Modified Gauge Invariant Einstein Maxwell Gravity and Stability of Spherical perfect fluid Stars with Magnetic Monopoles

TL;DR

This paper explores a modified Einstein-Maxwell gravity model with gauge invariance, analyzing the stability of spherical perfect fluid stars with magnetic monopoles, and finds conditions for their stability and physical viability.

Contribution

It introduces a gauge-invariant extension of Einstein-Maxwell gravity with directional coupling, and applies it to analyze the stability of magnetized stellar objects with a new approach.

Findings

Stable solutions for positive polytropic index a>0

Quasi-stable solutions for negative a<0

Energy conditions and stability criteria are satisfied

Abstract

As an alternative gravity model we consider an extended Einstein-Maxwell gravity containing a gauge invariance property.
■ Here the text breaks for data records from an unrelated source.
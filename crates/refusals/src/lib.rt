// Why a sheet or a call is turned down, with number and place: document 01, 'Why a sheet is turned down', and document 02, W5 and W6.
#![tactic(auto)]

ghost use Rattle.std.specs.Prelude.{◌≡◌};
ghost use Rattle.refusals.specs.Refusals.{refusal_number, refusal_place};

// Document 01's list in its order, then document 02's, each case with its place where that is not 0.
#[derive(Clone, Copy, Debug, PartialEq, Eq)]
pub enum Refusal {
    SheetTooLong,
    SheetEnds(u16),
    CommandNotAllowed(u16),
    OperandOutOfRange(u16),
    ToneBeyondLine(u16),
    ToneRepeated(u16),
    BytesAfterEnd(u16),
    DestinationTooSmall,
    StartLengthWrong,
    StartAboveLimit(u16),
    TargetNotCarried,
    FloatOutOfRange(u16),
    CostOutOfRange(u16),
    ToneCannotTake(u16),
    RestOutOfRange(u16),
    RestsOverBudget,
}

impl Refusal {
    // The number of a refusal in the documents' list.
    pub fn number(self) -> u32
        ensures { result ≡ refusal_number self }
    {
        match self {
            Refusal::SheetTooLong => 1,
            Refusal::SheetEnds(_) => 2,
            Refusal::CommandNotAllowed(_) => 3,
            Refusal::OperandOutOfRange(_) => 4,
            Refusal::ToneBeyondLine(_) => 5,
            Refusal::ToneRepeated(_) => 6,
            Refusal::BytesAfterEnd(_) => 7,
            Refusal::DestinationTooSmall => 8,
            Refusal::StartLengthWrong => 9,
            Refusal::StartAboveLimit(_) => 10,
            Refusal::TargetNotCarried => 11,
            Refusal::FloatOutOfRange(_) => 12,
            Refusal::CostOutOfRange(_) => 13,
            Refusal::ToneCannotTake(_) => 14,
            Refusal::RestOutOfRange(_) => 15,
            Refusal::RestsOverBudget => 16,
        }
    }

    // The place of a refusal.
    pub fn place(self) -> u32
        ensures { result ≡ refusal_place self }
    {
        match self {
            Refusal::SheetTooLong => 0,
            Refusal::SheetEnds(place) => place as u32,
            Refusal::CommandNotAllowed(place) => place as u32,
            Refusal::OperandOutOfRange(place) => place as u32,
            Refusal::ToneBeyondLine(place) => place as u32,
            Refusal::ToneRepeated(place) => place as u32,
            Refusal::BytesAfterEnd(place) => place as u32,
            Refusal::DestinationTooSmall => 0,
            Refusal::StartLengthWrong => 0,
            Refusal::StartAboveLimit(place) => place as u32,
            Refusal::TargetNotCarried => 0,
            Refusal::FloatOutOfRange(place) => place as u32,
            Refusal::CostOutOfRange(place) => place as u32,
            Refusal::ToneCannotTake(place) => place as u32,
            Refusal::RestOutOfRange(place) => place as u32,
            Refusal::RestsOverBudget => 0,
        }
    }
}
Extension is assumed to be addition of a directional coupling between spatial electromagnetic fields with the Ricci tensor. We will see importance of the additional term in making a compact stellar object and value of its radius. As an application of this model we substitute ansatz of magnetic field of a hypothetical magnetic monopole which has just time independent radial component and for matter part we assume a perfect fluid stress tensor. To obtain spherically symmetric internal metric of the perfect fluid stellar compact object we solve Tolman-Oppenheimer-Volkoff equation with a polytropic form of equation of state as $p(\rho)=a\rho^2$. Using dynamical system approach we study stability of the solutions for which arrow diagrams show saddle (quasi stable) for $a<0$ (dark stars) and sink (stable) for $a>0$ (normal visible stars). We check also the energy conditions, speed of sound and Harrison-Zeldovich-Novikov static stability criterion for obtained solution and confirm that they make stable state.